**Goal of the exercise:**
A line containing "let range = range_at(text.as_str(), tokens, token);" appears in the material below. Return exactly every line from the first through that one, and only those.
———
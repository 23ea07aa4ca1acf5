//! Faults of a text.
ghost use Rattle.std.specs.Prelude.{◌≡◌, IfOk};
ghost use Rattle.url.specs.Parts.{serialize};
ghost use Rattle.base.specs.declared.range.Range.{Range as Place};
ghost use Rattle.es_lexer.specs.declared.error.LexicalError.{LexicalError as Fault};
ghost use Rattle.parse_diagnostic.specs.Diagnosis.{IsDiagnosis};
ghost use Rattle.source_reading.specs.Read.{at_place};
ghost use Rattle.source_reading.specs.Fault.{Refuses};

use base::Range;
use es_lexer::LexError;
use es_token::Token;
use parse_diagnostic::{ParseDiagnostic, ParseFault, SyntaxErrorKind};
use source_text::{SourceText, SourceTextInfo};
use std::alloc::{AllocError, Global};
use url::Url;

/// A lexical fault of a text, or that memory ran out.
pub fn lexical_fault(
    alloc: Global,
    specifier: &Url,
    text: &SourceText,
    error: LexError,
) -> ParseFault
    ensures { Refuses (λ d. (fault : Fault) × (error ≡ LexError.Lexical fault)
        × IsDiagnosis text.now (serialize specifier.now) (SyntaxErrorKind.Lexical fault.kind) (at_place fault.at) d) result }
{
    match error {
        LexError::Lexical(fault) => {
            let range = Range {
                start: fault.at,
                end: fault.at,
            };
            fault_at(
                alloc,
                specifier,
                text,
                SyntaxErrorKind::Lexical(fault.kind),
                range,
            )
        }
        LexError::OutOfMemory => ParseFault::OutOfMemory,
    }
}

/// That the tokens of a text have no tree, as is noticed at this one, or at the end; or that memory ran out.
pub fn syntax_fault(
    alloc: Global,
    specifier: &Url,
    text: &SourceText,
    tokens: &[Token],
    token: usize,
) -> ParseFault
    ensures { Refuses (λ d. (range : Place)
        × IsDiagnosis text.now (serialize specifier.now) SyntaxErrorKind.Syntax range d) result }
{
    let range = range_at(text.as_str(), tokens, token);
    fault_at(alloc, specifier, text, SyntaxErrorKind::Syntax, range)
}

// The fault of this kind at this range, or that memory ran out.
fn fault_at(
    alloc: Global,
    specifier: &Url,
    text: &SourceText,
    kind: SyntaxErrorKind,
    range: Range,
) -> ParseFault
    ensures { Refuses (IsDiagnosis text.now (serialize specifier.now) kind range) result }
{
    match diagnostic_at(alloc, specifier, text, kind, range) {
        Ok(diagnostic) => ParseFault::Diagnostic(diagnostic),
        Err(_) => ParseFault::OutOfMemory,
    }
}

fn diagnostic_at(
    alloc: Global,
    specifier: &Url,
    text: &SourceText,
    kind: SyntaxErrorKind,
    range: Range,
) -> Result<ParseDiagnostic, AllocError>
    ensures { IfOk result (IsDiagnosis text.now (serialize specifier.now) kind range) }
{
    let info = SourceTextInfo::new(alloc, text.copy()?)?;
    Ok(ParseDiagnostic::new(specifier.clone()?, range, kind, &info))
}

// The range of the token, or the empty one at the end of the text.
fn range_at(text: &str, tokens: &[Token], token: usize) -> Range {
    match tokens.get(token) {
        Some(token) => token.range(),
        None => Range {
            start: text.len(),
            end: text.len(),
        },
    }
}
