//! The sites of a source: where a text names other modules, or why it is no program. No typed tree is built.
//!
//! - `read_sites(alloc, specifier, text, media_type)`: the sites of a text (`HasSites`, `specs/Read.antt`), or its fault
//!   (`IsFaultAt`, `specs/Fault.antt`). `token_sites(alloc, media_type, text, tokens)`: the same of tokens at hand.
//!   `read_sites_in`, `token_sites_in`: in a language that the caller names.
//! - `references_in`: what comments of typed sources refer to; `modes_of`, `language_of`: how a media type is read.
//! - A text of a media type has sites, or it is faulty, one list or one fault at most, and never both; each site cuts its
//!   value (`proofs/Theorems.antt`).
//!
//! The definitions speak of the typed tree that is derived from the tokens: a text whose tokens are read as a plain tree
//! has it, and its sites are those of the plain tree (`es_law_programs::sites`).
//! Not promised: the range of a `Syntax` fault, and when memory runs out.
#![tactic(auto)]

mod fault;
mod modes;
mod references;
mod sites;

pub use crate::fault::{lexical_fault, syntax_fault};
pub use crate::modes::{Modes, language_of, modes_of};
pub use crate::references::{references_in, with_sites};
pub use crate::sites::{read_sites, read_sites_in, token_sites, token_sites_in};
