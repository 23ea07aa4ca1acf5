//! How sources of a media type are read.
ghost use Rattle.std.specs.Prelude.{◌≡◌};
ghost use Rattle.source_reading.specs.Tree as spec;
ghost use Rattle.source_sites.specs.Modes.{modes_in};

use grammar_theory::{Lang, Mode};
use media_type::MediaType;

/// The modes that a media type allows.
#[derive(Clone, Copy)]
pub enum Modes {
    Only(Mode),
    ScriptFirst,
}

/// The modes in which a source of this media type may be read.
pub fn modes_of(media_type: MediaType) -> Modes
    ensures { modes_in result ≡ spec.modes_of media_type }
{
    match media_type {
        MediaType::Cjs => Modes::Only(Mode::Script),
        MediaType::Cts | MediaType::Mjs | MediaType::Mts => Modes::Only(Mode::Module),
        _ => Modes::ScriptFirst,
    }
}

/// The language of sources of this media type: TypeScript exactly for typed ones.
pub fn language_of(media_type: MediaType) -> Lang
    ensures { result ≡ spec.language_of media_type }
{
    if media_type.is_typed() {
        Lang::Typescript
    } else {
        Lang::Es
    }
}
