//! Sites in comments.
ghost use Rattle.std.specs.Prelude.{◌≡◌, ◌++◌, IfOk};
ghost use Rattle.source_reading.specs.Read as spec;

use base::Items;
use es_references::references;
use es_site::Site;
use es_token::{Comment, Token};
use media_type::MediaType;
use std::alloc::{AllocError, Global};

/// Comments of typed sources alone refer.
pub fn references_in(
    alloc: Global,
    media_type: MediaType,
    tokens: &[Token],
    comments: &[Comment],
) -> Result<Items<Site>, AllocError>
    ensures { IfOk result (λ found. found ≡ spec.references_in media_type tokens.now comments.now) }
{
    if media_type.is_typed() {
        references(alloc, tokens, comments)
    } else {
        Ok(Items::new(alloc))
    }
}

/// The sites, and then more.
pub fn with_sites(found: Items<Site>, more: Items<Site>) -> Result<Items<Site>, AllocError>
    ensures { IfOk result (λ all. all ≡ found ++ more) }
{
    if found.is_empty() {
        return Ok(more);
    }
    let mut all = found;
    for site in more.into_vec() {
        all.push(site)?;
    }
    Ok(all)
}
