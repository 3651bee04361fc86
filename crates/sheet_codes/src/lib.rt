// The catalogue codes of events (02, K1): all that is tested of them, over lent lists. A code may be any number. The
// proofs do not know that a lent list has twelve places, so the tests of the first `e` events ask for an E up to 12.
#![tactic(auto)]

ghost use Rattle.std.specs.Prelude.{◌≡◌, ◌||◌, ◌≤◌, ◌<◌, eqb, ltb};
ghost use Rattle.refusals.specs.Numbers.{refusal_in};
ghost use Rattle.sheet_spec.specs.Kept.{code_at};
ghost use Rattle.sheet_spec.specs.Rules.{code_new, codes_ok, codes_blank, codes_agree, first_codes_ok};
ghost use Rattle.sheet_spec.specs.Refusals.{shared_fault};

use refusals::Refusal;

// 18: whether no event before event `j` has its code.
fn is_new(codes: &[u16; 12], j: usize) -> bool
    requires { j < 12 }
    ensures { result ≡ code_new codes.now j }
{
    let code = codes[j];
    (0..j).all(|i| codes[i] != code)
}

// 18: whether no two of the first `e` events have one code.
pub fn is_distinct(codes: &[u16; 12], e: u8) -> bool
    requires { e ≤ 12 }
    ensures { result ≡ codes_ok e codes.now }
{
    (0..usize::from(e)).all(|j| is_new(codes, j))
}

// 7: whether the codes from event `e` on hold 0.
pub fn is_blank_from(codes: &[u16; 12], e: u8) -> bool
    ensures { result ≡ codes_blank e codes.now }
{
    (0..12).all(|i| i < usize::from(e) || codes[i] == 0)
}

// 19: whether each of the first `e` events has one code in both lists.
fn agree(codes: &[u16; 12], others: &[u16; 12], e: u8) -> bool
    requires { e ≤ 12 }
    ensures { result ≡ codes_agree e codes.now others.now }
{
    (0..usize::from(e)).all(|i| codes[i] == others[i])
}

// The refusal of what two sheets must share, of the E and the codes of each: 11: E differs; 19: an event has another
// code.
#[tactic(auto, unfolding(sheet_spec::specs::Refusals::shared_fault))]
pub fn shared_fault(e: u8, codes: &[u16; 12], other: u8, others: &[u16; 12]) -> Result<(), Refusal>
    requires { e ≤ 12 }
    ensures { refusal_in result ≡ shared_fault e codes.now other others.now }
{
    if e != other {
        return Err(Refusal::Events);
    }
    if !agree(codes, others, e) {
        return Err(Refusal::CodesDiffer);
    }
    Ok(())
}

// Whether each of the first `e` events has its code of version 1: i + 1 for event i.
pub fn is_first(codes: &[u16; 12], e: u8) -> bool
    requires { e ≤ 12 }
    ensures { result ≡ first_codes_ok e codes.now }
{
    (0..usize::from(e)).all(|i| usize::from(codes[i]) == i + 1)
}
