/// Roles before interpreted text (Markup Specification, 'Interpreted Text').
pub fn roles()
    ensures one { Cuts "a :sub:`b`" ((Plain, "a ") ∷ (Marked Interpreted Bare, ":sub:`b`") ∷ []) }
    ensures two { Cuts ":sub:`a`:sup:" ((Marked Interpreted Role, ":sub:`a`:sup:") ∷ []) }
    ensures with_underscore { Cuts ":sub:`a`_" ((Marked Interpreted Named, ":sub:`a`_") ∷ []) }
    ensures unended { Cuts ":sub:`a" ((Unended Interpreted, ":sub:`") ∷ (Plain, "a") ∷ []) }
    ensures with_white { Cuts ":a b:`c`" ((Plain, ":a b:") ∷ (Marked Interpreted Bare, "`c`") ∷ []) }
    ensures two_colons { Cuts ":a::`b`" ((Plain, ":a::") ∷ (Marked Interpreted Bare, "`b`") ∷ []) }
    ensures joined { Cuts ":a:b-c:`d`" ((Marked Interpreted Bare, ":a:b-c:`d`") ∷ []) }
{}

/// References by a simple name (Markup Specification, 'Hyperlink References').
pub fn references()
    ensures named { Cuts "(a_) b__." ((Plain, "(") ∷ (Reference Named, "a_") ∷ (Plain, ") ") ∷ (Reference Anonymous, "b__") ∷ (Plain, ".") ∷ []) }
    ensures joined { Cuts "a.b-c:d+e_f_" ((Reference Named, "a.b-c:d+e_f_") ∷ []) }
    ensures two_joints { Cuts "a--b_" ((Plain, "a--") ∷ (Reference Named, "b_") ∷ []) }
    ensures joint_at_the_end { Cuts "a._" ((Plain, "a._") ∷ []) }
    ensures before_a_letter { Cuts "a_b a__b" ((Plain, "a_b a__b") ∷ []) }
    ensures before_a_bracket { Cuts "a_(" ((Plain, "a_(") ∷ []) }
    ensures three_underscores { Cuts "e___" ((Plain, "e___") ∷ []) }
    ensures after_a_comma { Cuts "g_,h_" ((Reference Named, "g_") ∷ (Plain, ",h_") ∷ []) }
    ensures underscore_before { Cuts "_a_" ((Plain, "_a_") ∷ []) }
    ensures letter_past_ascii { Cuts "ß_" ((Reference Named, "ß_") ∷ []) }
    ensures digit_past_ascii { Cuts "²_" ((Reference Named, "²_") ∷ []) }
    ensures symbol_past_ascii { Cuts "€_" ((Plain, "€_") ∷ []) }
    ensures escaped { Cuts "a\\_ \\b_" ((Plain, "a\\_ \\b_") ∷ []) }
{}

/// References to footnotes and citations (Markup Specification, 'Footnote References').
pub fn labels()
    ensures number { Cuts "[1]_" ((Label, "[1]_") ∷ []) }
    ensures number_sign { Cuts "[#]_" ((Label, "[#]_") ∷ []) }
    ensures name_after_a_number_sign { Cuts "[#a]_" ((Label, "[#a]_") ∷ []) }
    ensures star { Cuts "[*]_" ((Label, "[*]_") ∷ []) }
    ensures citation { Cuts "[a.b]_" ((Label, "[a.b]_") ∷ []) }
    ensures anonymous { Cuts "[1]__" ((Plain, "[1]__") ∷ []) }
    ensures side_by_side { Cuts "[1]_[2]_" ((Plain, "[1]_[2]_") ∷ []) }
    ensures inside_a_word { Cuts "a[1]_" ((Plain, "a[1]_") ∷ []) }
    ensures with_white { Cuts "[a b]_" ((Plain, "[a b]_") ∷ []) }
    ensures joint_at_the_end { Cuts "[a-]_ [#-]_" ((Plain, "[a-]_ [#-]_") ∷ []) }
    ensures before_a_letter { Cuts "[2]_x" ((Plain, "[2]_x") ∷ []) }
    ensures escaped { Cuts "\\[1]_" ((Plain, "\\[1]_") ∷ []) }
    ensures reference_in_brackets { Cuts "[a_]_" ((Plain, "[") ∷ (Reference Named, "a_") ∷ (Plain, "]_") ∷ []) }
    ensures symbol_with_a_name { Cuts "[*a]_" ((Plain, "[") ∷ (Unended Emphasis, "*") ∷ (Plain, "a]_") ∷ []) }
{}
———
**Completed task:**
repository 23ea07aa4ca1acf5
//! Faults of a text.
ghost use Rattle.std.specs.Prelude.{◌≡◌, IfOk};
ghost use Rattle.url.specs.Parts.{serialize};
ghost use Rattle.base.specs.declared.range.Range.{Range as Place};
ghost use Rattle.es_lexer.specs.declared.error.LexicalError.{LexicalError as Fault};
ghost use Rattle.parse_diagnostic.specs.Diagnosis.{IsDiagnosis};
ghost use Rattle.source_reading.specs.Read.{at_place};
ghost use Rattle.source_reading.specs.Fault.{Refuses};

use base::Range;
use es_lexer::LexError;
use es_token::Token;
use parse_diagnostic::{ParseDiagnostic, ParseFault, SyntaxErrorKind};
use source_text::{SourceText, SourceTextInfo};
use std::alloc::{AllocError, Global};
use url::Url;

/// A lexical fault of a text, or that memory ran out.
pub fn lexical_fault(
    alloc: Global,
    specifier: &Url,
    text: &SourceText,
    error: LexError,
) -> ParseFault
    ensures { Refuses (λ d. (fault : Fault) × (error ≡ LexError.Lexical fault)
        × IsDiagnosis text.now (serialize specifier.now) (SyntaxErrorKind.Lexical fault.kind) (at_place fault.at) d) result }
{
    match error {
        LexError::Lexical(fault) => {
            let range = Range {
                start: fault.at,
                end: fault.at,
            };
            fault_at(
                alloc,
                specifier,
                text,
                SyntaxErrorKind::Lexical(fault.kind),
                range,
            )
        }
        LexError::OutOfMemory => ParseFault::OutOfMemory,
    }
}

/// That the tokens of a text have no tree, as is noticed at this one, or at the end; or that memory ran out.
pub fn syntax_fault(
    alloc: Global,
    specifier: &Url,
    text: &SourceText,
    tokens: &[Token],
    token: usize,
) -> ParseFault
    ensures { Refuses (λ d. (range : Place)
        × IsDiagnosis text.now (serialize specifier.now) SyntaxErrorKind.Syntax range d) result }
{
    let range = range_at(text.as_str(), tokens, token);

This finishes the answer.